§ **What the exercise asks**:
Nothing outside the stretch is wanted. Repeat exactly the lines of the listing below from the one that contains "filename crates/latch_map/src/lib.rt" through the one that contains "use thiserror::Error;", both ends included.

++++++++++

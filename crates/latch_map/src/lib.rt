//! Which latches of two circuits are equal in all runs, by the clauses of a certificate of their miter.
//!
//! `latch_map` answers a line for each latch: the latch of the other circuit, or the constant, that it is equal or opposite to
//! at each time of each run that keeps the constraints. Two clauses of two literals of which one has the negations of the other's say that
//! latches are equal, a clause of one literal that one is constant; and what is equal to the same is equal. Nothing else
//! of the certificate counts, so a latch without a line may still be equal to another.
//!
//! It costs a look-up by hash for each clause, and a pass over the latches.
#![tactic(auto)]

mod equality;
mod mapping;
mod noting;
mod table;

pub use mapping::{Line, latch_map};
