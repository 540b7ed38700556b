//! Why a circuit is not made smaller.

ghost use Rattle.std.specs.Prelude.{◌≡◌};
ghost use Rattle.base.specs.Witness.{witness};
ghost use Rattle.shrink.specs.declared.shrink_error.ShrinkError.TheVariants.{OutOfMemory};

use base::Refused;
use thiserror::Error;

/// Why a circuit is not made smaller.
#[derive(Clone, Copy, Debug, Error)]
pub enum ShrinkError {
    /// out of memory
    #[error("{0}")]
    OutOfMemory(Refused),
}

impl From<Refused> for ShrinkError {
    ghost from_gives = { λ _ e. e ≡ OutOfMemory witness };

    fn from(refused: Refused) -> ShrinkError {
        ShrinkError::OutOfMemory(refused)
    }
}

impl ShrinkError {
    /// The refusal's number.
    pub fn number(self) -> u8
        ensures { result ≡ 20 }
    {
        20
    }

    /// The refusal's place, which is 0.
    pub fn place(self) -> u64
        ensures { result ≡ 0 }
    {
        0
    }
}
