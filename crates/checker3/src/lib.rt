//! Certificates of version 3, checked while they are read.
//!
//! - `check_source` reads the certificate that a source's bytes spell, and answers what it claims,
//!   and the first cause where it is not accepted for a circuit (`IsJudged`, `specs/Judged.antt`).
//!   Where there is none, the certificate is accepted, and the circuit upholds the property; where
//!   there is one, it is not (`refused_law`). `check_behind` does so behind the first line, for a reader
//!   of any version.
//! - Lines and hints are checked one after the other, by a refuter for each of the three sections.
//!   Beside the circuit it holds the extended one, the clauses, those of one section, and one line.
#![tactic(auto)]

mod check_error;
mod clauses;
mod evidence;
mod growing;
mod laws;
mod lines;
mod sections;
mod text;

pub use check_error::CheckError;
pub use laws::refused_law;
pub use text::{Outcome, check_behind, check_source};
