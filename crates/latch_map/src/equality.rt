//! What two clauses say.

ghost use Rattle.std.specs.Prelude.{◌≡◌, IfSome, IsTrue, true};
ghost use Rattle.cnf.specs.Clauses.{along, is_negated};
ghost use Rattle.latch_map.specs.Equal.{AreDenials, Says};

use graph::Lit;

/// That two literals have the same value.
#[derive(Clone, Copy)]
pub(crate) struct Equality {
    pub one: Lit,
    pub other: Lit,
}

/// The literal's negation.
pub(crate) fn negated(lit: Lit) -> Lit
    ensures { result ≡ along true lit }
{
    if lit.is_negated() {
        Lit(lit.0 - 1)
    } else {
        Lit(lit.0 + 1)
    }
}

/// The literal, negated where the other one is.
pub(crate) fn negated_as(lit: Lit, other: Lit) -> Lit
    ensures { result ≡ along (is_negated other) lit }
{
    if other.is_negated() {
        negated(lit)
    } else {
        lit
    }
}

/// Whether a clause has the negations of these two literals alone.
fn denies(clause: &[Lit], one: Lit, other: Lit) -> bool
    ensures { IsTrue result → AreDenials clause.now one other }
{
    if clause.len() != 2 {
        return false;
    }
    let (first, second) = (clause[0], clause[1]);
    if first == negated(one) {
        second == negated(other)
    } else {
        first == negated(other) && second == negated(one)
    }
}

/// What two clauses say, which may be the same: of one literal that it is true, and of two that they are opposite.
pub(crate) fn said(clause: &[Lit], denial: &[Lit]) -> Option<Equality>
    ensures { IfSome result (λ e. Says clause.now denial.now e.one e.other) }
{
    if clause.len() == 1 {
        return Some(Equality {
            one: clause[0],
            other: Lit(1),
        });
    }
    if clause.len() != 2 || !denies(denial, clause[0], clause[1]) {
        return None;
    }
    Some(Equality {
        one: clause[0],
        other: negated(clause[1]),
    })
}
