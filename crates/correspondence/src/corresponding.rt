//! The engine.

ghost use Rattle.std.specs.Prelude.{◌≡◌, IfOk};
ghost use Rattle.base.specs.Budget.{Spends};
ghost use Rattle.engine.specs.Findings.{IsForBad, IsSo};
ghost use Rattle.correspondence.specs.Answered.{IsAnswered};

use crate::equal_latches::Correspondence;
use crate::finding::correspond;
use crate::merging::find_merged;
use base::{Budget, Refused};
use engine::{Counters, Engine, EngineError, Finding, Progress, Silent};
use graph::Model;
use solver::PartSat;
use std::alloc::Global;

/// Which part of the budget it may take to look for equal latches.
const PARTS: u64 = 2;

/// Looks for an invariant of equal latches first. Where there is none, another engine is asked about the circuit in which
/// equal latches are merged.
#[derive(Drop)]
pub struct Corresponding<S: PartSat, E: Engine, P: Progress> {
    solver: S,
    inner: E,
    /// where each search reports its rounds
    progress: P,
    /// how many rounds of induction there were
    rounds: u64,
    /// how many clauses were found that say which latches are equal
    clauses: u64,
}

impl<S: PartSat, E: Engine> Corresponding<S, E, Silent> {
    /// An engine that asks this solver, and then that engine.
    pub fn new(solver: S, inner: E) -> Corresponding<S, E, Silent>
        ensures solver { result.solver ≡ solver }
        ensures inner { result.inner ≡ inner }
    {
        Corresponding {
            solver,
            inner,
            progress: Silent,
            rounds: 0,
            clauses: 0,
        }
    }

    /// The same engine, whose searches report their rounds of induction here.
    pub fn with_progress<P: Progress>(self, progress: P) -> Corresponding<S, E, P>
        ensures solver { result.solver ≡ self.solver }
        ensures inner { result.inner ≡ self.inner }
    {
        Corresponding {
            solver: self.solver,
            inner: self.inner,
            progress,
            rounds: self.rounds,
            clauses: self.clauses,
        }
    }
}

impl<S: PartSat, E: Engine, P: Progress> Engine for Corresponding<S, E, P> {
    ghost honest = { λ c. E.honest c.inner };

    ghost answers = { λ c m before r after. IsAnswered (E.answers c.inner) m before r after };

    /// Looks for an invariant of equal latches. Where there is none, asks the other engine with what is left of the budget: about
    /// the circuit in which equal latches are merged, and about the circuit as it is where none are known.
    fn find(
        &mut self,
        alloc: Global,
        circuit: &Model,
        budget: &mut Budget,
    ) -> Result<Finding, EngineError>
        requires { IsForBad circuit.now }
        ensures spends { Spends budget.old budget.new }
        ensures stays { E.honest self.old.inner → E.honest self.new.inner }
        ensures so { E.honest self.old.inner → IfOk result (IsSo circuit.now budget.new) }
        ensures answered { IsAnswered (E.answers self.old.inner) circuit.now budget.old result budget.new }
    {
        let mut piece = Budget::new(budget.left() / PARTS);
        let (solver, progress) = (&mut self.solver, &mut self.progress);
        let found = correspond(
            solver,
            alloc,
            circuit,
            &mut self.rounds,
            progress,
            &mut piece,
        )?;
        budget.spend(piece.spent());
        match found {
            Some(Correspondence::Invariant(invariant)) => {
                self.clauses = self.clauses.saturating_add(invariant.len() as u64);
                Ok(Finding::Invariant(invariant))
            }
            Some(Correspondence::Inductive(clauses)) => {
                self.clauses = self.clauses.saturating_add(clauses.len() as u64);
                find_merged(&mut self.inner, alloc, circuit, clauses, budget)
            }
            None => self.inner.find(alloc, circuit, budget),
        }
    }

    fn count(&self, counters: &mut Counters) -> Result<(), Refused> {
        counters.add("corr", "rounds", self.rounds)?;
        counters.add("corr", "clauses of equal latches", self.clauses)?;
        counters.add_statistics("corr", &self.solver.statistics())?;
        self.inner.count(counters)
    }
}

++++++++++

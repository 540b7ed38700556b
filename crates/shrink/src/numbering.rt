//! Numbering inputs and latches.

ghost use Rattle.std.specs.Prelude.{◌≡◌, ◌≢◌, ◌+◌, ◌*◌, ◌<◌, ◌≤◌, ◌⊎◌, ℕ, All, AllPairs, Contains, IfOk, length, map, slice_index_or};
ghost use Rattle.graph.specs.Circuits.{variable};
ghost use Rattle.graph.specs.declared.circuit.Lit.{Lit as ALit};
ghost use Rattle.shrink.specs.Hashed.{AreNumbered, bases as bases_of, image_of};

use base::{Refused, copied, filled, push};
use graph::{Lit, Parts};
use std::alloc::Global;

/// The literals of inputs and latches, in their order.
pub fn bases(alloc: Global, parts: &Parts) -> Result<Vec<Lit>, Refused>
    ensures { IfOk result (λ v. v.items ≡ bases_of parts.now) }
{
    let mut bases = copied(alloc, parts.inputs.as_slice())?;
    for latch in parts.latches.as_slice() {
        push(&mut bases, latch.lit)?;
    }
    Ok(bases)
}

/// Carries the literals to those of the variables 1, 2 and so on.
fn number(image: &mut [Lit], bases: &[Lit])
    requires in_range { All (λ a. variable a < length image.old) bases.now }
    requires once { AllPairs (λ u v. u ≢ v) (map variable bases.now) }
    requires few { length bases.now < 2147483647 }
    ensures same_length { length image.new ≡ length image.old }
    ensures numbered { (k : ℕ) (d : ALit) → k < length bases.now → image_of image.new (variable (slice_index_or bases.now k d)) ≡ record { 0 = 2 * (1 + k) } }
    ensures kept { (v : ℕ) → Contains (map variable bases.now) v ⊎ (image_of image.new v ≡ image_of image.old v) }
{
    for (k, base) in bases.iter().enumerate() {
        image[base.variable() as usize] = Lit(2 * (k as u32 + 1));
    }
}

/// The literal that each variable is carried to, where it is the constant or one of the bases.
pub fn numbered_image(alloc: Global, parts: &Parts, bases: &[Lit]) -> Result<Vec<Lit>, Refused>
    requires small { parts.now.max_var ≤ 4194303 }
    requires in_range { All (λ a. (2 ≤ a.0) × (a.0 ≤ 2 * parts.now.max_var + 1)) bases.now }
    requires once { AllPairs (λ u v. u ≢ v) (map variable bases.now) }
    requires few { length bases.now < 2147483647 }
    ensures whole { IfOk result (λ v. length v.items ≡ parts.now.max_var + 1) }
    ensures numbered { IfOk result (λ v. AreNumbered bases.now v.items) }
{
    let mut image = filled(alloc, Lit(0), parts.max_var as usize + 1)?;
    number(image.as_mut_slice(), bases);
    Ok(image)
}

++++++++++

§ **Response area**:
filename crates/latch_map/src/lib.rt
//! Which latches of two circuits are equal in all runs, by the clauses of a certificate of their miter.
//!
//! `latch_map` answers a line for each latch: the latch of the other circuit, or the constant, that it is equal or opposite to
//! at each time of each run that keeps the constraints. Two clauses of two literals of which one has the negations of the other's say that
//! latches are equal, a clause of one literal that one is constant; and what is equal to the same is equal. Nothing else
//! of the certificate counts, so a latch without a line may still be equal to another.
//!
//! It costs a look-up by hash for each clause, and a pass over the latches.
#![tactic(auto)]

mod equality;
mod mapping;
mod noting;
mod table;

pub use mapping::{Line, latch_map};
repository 540b7ed38700556b
//! Why a circuit is not made smaller.

ghost use Rattle.std.specs.Prelude.{◌≡◌};
ghost use Rattle.base.specs.Witness.{witness};
ghost use Rattle.shrink.specs.declared.shrink_error.ShrinkError.TheVariants.{OutOfMemory};

use base::Refused;
use thiserror::Error;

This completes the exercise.